Sargent’s vision and ability to make small, but surprisingly sharp cuts allow him to find open space that his speed alone might not enable him to reach, which led to this excellent touchdown run against Nebraska. Two Cornhusker defenders were in positions that should have enabled them to attempt ta tackle, but Sargent’s vision and cutting ability never gave either of them an opportunity to do so.
Sargent is also a valuable 3rd down back both for his ability to catch the ball out of the backfield and for his adeptness at blocking. Sargent leads all Iowa running backs in receptions (16) receiving yards (153) and yards-per-catch (9.3) and grew more comfortable as a 3rd down back in Ivory Kelly-Martin’s absence. Sargent is dangerous when he gets the ball in space, and his lone reception against UNI on a swing pass to the flat allowed him to display his speed, agility, and power in what was arguably his best play of the season:
Sargent’s skill as a blocker likely did not come as a shock to Iowa’s coaching staff given his exploits in junior college (Sargent just eviscerates a defender at 1:58), but he has established himself as the most able pass protector among Iowa’s running backs. Sargent threw a key block on this long completion to Brandon Smith against Iowa State, and made a number of similar plays over the course of the season:
Blocking is an underrated skill for a tailback, and Sargent’s talent as both a blocker and a receiver makes him an asset on obvious passing downs.
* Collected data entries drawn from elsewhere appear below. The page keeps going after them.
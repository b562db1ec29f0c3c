//! Rows of `need` and `complete` in a session: how many elements are missing, or why it isn't told,
//! and documents with them.

use crate::runs::rows::{Lines, check_run};
use crate::runs::runs::{Given, Piece};
use pv_cli::Status;
use std::test::Fail;
use std::thread::Threads;
use test_fixture::documents::nested;
use test_fixture::dtds::{ARTICLE, DOUBLING, NESTED, REALISTIC};

// A DTD, a root, a document and a script, and the output of a session on them.
type Row<'a> = (&'a str, &'a str, &'a str, &'a str, &'a str);

// Documents with the reply to `need`.
static NUMBERS: [Lines<'static>; 2] = [
    (
        ARTICLE,
        "doc",
        &[
            ("<doc>Hello</doc>", "need 2\n"),
            ("<doc><em>x</em></doc>", "need 3\n"),
            ("<doc><p>a</p><title>b</title></doc>", "need 3\n"),
            ("<p>a</p>", "need 3\n"),
            ("<doc><!--c--> </doc>", "need 2\n"),
            ("<doc><head/><sec>&#32;</sec></doc>", "need 1\n"),
            ("<doc><head/><sec> </sec></doc>", "need 0\n"),
        ],
    ),
    (NESTED, "x", &[("<x><y/><y/><y/></x>", "need 3\n")]),
];

static NEEDS: [Row<'static>; 4] = [
    (
        DOUBLING,
        "t0",
        "<t0/>",
        "need\nneed",
        "no heavy\nno heavy\n",
    ),
    (
        DOUBLING,
        "t2",
        "<t2/>",
        "need\nshow",
        "need 524286\nshow 5\n<t2/>\n",
    ),
    (
        ARTICLE,
        "doc",
        "<doc>Hello</doc>",
        "need\nneed 2\nneeds\nwrap 0 0 1 head\nneed\nundo\nneed\nhistory\nverdicts\n",
        "need 2\nno command\nno command\nok 2 1 0\nneed 1\nok 1 1 0\nneed 2\nhistory 0\n\
         verdicts 2\n. valid 0\n0 possible 2\n",
    ),
    (
        ARTICLE,
        "doc",
        "<doc>Hello</doc>",
        "split 0.0 2\nwrap 0 0 1 head\nshow\nneed\nhistory\nverdicts\n",
        "ok 1 1 0\nok 2 1 0\nshow 29\n<doc><head>He</head>llo</doc>\nneed 2\nhistory 2\n\
         split 0.0 2\nwrap 0 0 1 head\nverdicts 3\n. valid 0\n0 possible 2\n0.0 valid 2\n",
    ),
];

const PAIR: &str = "<!ELEMENT a (b)> <!ELEMENT b EMPTY>";

static COMPLETIONS: [Row<'static>; 5] = [
    (
        PAIR,
        "a",
        "<a/>",
        "complete\nshow\n",
        "completed 1 14\n<a><b></b></a>\nshow 4\n<a/>\n",
    ),
    (
        PAIR,
        "a",
        "<a><b/></a>",
        "complete\r\ncomplete 0",
        "completed 0 11\n<a><b/></a>\nno command\n",
    ),
    (
        PAIR,
        "a",
        "<!DOCTYPE a>\n<b/>\n",
        "need\ncomplete\n",
        "need 1\ncompleted 1 25\n<!DOCTYPE a>\n<a><b/></a>\n\n",
    ),
    (
        ARTICLE,
        "doc",
        "<doc>Hello</doc>",
        "complete\nwrap 0 0 1 head\nneed\nundo\nhistory\nverdicts\n",
        "completed 2 40\n<doc><head>Hello</head><sec></sec></doc>\nok 2 1 0\nneed 1\nok 1 1 0\n\
         history 0\nverdicts 2\n. valid 0\n0 possible 2\n",
    ),
    (DOUBLING, "t0", "<t0/>", "complete\n", "no heavy\n"),
];

const MARKING_UP: &str =
    "need\nwrap 0.3 0 3 p\nwrap 0.3 1 4 p\ninsert 0.3 0 title\naddtext 0.3.0 0 Opening\n\
     rename 0.3.2 list\nundo\nwrap 0.3 1 2 head\nunwrap 0.3.1.1\nneed\nshow\n";

const MARKED_UP: &str =
    "need 1\nok 2 1 0\nok 2 0 0\nok 2 0 0\nok 1 0 0\nok 2 1 0\nok 2 0 0\nno impossible 0.3\n\
     no shape not-element\nneed 0\nshow 288
<?xml version=\"1.0\" encoding=\"UTF-8\"?>
<!DOCTYPE doc SYSTEM \"a.dtd\">
<!-- draft -->
<doc id=\"d1\">
<head>On caf&#233;s</head>
<sec class='intro'><title>Opening</title><p>
Cafés opened early. See <![CDATA[<menu>]]> below.
</p><p><em>Tea</em> came later.<br /></p>
</sec>
<?page 2?>
</doc>

";

// The script has these replies, in whatever pieces it comes. The input is asked no more than once
// for each byte and once more: the call after would fail.
fn check<R: AllocGlobal + Threads + Sync>(rt: &R, row: &Row<'_>) -> Result<(), Fail> {
    let words = ["session", "a.dtd", row.1, "d.xml"];
    let files = [("a.dtd", row.0), ("d.xml", row.2)];
    let behind = [(row.3.len() as u64).saturating_add(1)];
    for size in [1usize, 65_536] {
        let given = Given {
            input: row.3.as_bytes(),
            piece: Piece { size },
            failing_fills: &behind,
            ..Given::plain(&words, &files)
        };
        check_run(rt, row.2, &given, Status::Done, row.4.as_bytes())?;
    }
    Ok(())
}

#[test]
fn needs(rt: HostRuntime) -> Result<(), Fail> {
    for (dtd, root, docs) in &NUMBERS {
        for (doc, reply) in *docs {
            check(&rt, &(*dtd, *root, *doc, "need\n", *reply))?;
        }
    }
    for row in &NEEDS {
        check(&rt, row)?;
    }
    check(&rt, &(ARTICLE, "doc", REALISTIC, MARKING_UP, MARKED_UP))
}

#[test]
fn completions(rt: HostRuntime) -> Result<(), Fail> {
    for row in &COMPLETIONS {
        check(&rt, row)?;
    }
    Ok(())
}

// The first list that is too wide for weights is told where it isn't valid, and before that too
// many elements are missing.
#[test]
fn wide_lists(rt: HostRuntime) -> Result<(), Fail> {
    let alloc = rt.alloc();
    let sections = nested(alloc, 1057, "<sec/>", "</doc>", "")?;
    let wide = format!(in alloc; "<doc>{sections}")?;
    check(
        &rt,
        &(
            ARTICLE,
            "doc",
            wide.as_str(),
            "need\ncomplete\n",
            "no wide 0\nno wide 0\n",
        ),
    )?;
    let valid = format!(in alloc; "<doc><head/>{sections}")?;
    check(&rt, &(ARTICLE, "doc", valid.as_str(), "need\n", "need 0\n"))
}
Sargent’s reputation as a good blocker can even create more opportunities for him to make plays catching the ball out of the backfield. On his touchdown reception against Nebraska, Husker defender Dedrick Young hesitates for a moment when it appears that Sargent is moving to block the blitzing outside linebacker. Sargent feints as though he is moving to block the rusher, which freezes Young just long enough to permit Sargent to reach a spot in the flat well outside of Young’s range, allowing Sargent to stroll into the endzone untouched.
While Young and (a healthy) Kelly-Martin are both good running backs in their own right and deserve roles in the Iowa offense, Sargent’s skill set makes him the closest thing the Hawkeyes have to an every-down back. His potent combination of speed, power, vision, and agility make him Iowa’s most versatile ballcarrier, while his skills as a blocker and receiver allow him to function as a third-down back. While Iowa is not likely to make him a true feature back as long as Young and Kelly-Martin remain with the program, fans should certainly anticipate seeing Mekhi Sargent assume a larger role in the offense in the Outback Bowl and beyond.